The sequences of two HIV-1 isolates, BCF-Dioum (Dioum) and BCF-Kita (Kita), contributed by F. Brun-Vezinet (Hôpital Bichat-Claude Bernard, France) to the NED (NIH-European Network for Virology Assurance-DoD, U.S. Military HIV Program) panel, were characterized further. This panel was developed in 1996 to serve as a reference panel of well-characterized but minimally passaged HIV-1 strains, with diverse geographic origins1 and sequence diversity. The isolates were obtained, for the most part, prior to widespread use of antiretroviral therapy and should therefore be considered to be sensitive to antiretroviral therapies.
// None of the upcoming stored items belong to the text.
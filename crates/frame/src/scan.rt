//! The byte rules: what one byte on the wire does to the reader's scan. PROTOCOL 3.4 to 3.18, 4.6, 4.19, 4.20.
ghost use Rattle.std.specs.Prelude.{◌≡◌};
ghost use Rattle.frame.specs.Wire.{frame_limit};
ghost use Rattle.frame.specs.State.{scan_of, step_of};
ghost use Rattle.frame.specs.Rules.{closed_of, body_byte_of, on_ff_of, on_other_of, advance_of, Ready};

use crate::LIMIT;
use crate::place::{BodyPlace, WirePlace};

/// How far a frame is begun.
#[derive(Clone, Copy, Debug, PartialEq, Eq)]
pub enum Phase {
    /// No frame is open; the last byte is not FF, or there is none.
    Idle,
    /// No frame is open; the last byte is FF.
    Half,
    /// A frame is open without a body byte; the last byte ends its header.
    Header,
    /// A frame is open with a body byte; the last byte is not FF.
    Open,
    /// A frame is open with a body byte; an FF waits for the next byte.
    Escape,
}

/// Where the reader is; docs/STATES.md has the range of each field.
#[derive(Clone, Copy, Debug, PartialEq, Eq)]
pub struct Scan {
    pub phase: Phase,
    /// The bytes consumed in all.
    pub consumed: WirePlace,
    /// Where the open frame begins.
    pub start: WirePlace,
    /// The body bytes so far.
    pub filled: BodyPlace,
    /// The frame's length L, as far as it is read.
    pub length: u16,
    /// The sum of the body bytes so far.
    pub sum: u8,
}

/// The size of a body's head: length, command, sequence number and flags. PROTOCOL 4.19.
const HEAD_SIZE: usize = 6;

/// What an open frame ends in: PROTOCOL 4.2, 4.4 to 4.8.
#[derive(Clone, Copy, Debug, PartialEq, Eq)]
pub enum Verdict {
    /// The frame is complete, and its sum is right.
    Frame,
    /// Its length is below the least one.
    Short,
    /// Its length is over the limit.
    Long,
    /// A byte breaks the stuffing in the head; the byte. PROTOCOL 4.19.
    Stuff { byte: u8 },
    /// The same behind the head.
    StuffLate { byte: u8 },
    /// A header comes before the frame is complete.
    Cut,
    /// The sum found in the body is not the one computed. PROTOCOL 4.20.
    Sum { found: u8, computed: u8 },
}

/// What one byte does: the next scan, the body byte to store, and what is decided.
#[derive(Clone, Copy, Debug, PartialEq, Eq)]
pub struct Step {
    pub scan: Scan,
    pub stored: Option<u8>,
    pub verdict: Option<Verdict>,
}

impl Scan {
    /// No frame is open, and the last byte is not FF: a decided frame never ends in FF, by PROTOCOL 2.8 and 3.11.
    pub(crate) const fn closed(consumed: WirePlace) -> Self
        ensures { scan_of result ≡ closed_of consumed.0 }
    {
        Scan {
            phase: Phase::Idle,
            consumed,
            start: WirePlace(0),
            filled: BodyPlace(0),
            length: 0,
            sum: 0,
        }
    }

    // `Ready` is what `feed` tests and no invariant of `Scan`: a caller may pass any reader, and STATE answers it.

    // The same with another length.
    fn of_length(self, length: u16) -> Self
        ensures { result ≡ record self { length = length } }
    {
        Scan { length, ..self }
    }

    /// A body byte, at the byte on the wire that completes it: PROTOCOL 3.12 to 3.14, 3.16.
    fn body_byte(self, byte: u8) -> Step
        requires { Ready frame_limit (scan_of self) 1 }
        ensures { step_of result ≡ body_byte_of frame_limit (scan_of self) byte }
    {
        let consumed = self.consumed.next();
        let closed = Scan::closed(consumed);
        let grown = Scan {
            phase: Phase::Open,
            consumed,
            filled: BodyPlace(self.filled.0 + 1),
            sum: self.sum.wrapping_add(byte),
            ..self
        };
        let (scan, verdict) = match self.filled.0 {
            0 => (grown.of_length(u16::from(byte)), None),
            1 => match usize::from(self.length) * 256 + usize::from(byte) {
                0..5 => (closed, Some(Verdict::Short)),
                length if length > LIMIT => (closed, Some(Verdict::Long)),
                // `as`, because no length up to the limit is refused by a u16.
                length => (grown.of_length(length as u16), None),
            },
            // A record that a caller made up may name any length: PROTOCOL 3.18.
            filled if filled <= usize::from(self.length) && filled <= LIMIT => (grown, None),
            _ if byte == self.sum => (closed, Some(Verdict::Frame)),
            _ => (
                closed,
                Some(Verdict::Sum {
                    found: byte,
                    computed: self.sum,
                }),
            ),
        };
        Step {
            scan,
            stored: Some(byte),
            verdict,
        }
    }

    /// A byte FF: PROTOCOL 3.4, 3.5, 3.8, 3.10.
    fn on_ff(self) -> Step
        requires { Ready frame_limit (scan_of self) 1 }
        ensures { step_of result ≡ on_ff_of (scan_of self) }
    {
        let consumed = self.consumed.next();
        let closed = Scan::closed(consumed);
        let half = Scan {
            phase: Phase::Half,
            ..closed
        };
        let header = Scan {
            phase: Phase::Header,
            start: self.consumed.previous(),
            ..closed
        };
        let escape = Scan {
            phase: Phase::Escape,
            consumed,
            ..self
        };
        let (scan, verdict) = match self.phase {
            Phase::Idle => (half, None),
            Phase::Half | Phase::Header => (header, None),
            Phase::Open => (escape, None),
            Phase::Escape => (header, Some(Verdict::Cut)),
        };
        Step {
            scan,
            stored: None,
            verdict,
        }
    }

    /// A byte other than FF: PROTOCOL 3.6, 3.7, 3.9, 3.11, 3.15, 4.6, 4.19.
    fn on_other(self, byte: u8) -> Step
        requires { Ready frame_limit (scan_of self) 1 }
        ensures { step_of result ≡ on_other_of frame_limit (scan_of self) byte }
    {
        let verdict = match self.phase {
            Phase::Header | Phase::Open => return self.body_byte(byte),
            Phase::Escape if byte == 0x55 => return self.body_byte(0xFF),
            Phase::Idle | Phase::Half => None,
            Phase::Escape if self.filled.0 < HEAD_SIZE => Some(Verdict::Stuff { byte }),
            Phase::Escape => Some(Verdict::StuffLate { byte }),
        };
        Step {
            scan: Scan::closed(self.consumed.next()),
            stored: None,
            verdict,
        }
    }

    /// One byte on the wire.
    #[inline(always)]
    pub(crate) fn advance(self, byte: u8) -> Step
        requires { Ready frame_limit (scan_of self) 1 }
        ensures { step_of result ≡ advance_of frame_limit (scan_of self) byte }
    {
        if byte == 0xFF {
            self.on_ff()
        } else {
            self.on_other(byte)
        }
    }
}
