//! Two types of places, on the wire and in the body, so that neither is used as the other. PROTOCOL 1.5.
ghost use Rattle.std.specs.Prelude.{◌≡◌, ◌+◌, ◌-◌, ◌^◌, ◌<◌};

/// A place on the wire: it counts every byte received, a stuffed 55 too.
#[derive(Clone, Copy, Debug, PartialEq, Eq)]
pub struct WirePlace(pub u64);

/// A place in the body: it counts body bytes, where an FF and its stuffed 55 are one.
#[derive(Clone, Copy, Debug, PartialEq, Eq)]
pub struct BodyPlace(pub usize);

/// The bytes that a reader may consume in all, 2^62: PROTOCOL 4.18.
pub(crate) const MAX_CONSUMED: u64 = 1 << 62;

impl WirePlace {
    /// The previous place, or 0.
    pub(crate) fn previous(self) -> Self
        ensures { result.0 ≡ self.0 - 1 }
    {
        WirePlace(self.0.saturating_sub(1))
    }

    /// The next place.
    pub(crate) fn next(self) -> Self
        requires { self.0 < 2 ^ 62 }
        ensures { result.0 ≡ self.0 + 1 }
    {
        WirePlace(self.0 + 1)
    }
}
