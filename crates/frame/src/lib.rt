//! Frames of the Gizwits serial protocol: the writer, the streaming reader, and the fields of a body.
#![tactic(auto)]

mod body;
mod place;
mod reader;
mod scan;
mod writer;

/// The greatest length L of a frame: PROTOCOL 2.4.
pub const LIMIT: usize = 1024;

pub use body::{command, flags, number, payload};
pub use place::{BodyPlace, WirePlace};
pub use reader::{Decision, Fed, FeedError, Finish, Reader, count};
pub use scan::{Phase, Scan, Verdict};
pub use writer::{Head, write, write_chunks, write_parts};
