//! The fields of a body, read at their places. Any bytes will do: a missing field reads as 0 or empty. PROTOCOL 2.11.
ghost use Rattle.std.specs.Prelude.{◌≡◌, ◌-◌, min, length};
ghost use Rattle.frame.specs.Wire.{length_of, command_of, number_of, flags_of, payload_of};
ghost use Rattle.base.specs.Parts.{IsPart};

/// The command.
pub fn command(body: &[u8]) -> u8
    ensures { result ≡ command_of body.now }
{
    base::byte_at(body, 2)
}

/// The sequence number, which pairs a reply with its command.
pub fn number(body: &[u8]) -> u8
    ensures { result ≡ number_of body.now }
{
    base::byte_at(body, 3)
}

/// The flags.
pub fn flags(body: &[u8]) -> u16
    ensures { result ≡ flags_of body.now }
{
    base::two_at(body, 4)
}

/// The payload, as a slice of the caller's body and not a copy: L - 5 bytes after the head, cut where the body ends;
/// none where L is less than 5.
pub fn payload(body: &[u8]) -> &[u8]
    ensures { (result.now ≡ payload_of body.now)
        × IsPart body.entry result (min 6 (length body.now)) (length_of body.now - 5) }
{
    let length = usize::from(base::two_at(body, 0));
    base::part(body, 6, length.saturating_sub(5))
}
The BCF-Kita isolate was from an asymptomatic individual living in France who was originally from the Democratic Republic of Congo (DRC) and was believed to be infected in the DRC before arrival in France. BCF-Dioum was isolated in France during a primary infection from a person whose HIV-positive partner was from the DRC, and believed to be infected in the DRC before arrival in France. The isolates were identified as belonging to subtypes G (BCF-Dioum) and H (BCF-Kita) by heteroduplex analysis (HMA) of an envelope (env) gene fragment, prior to donation to the panel. Our previous sequence analysis of the protease and partial reverse transcriptase (RT) genes (1190 bases) showed that these strains contain areas suggesting F/G and A/G recombination, respectively.2 Further sequencing and evaluation of the near full-length genomes now show that these strains are complex intersubtype recombinants.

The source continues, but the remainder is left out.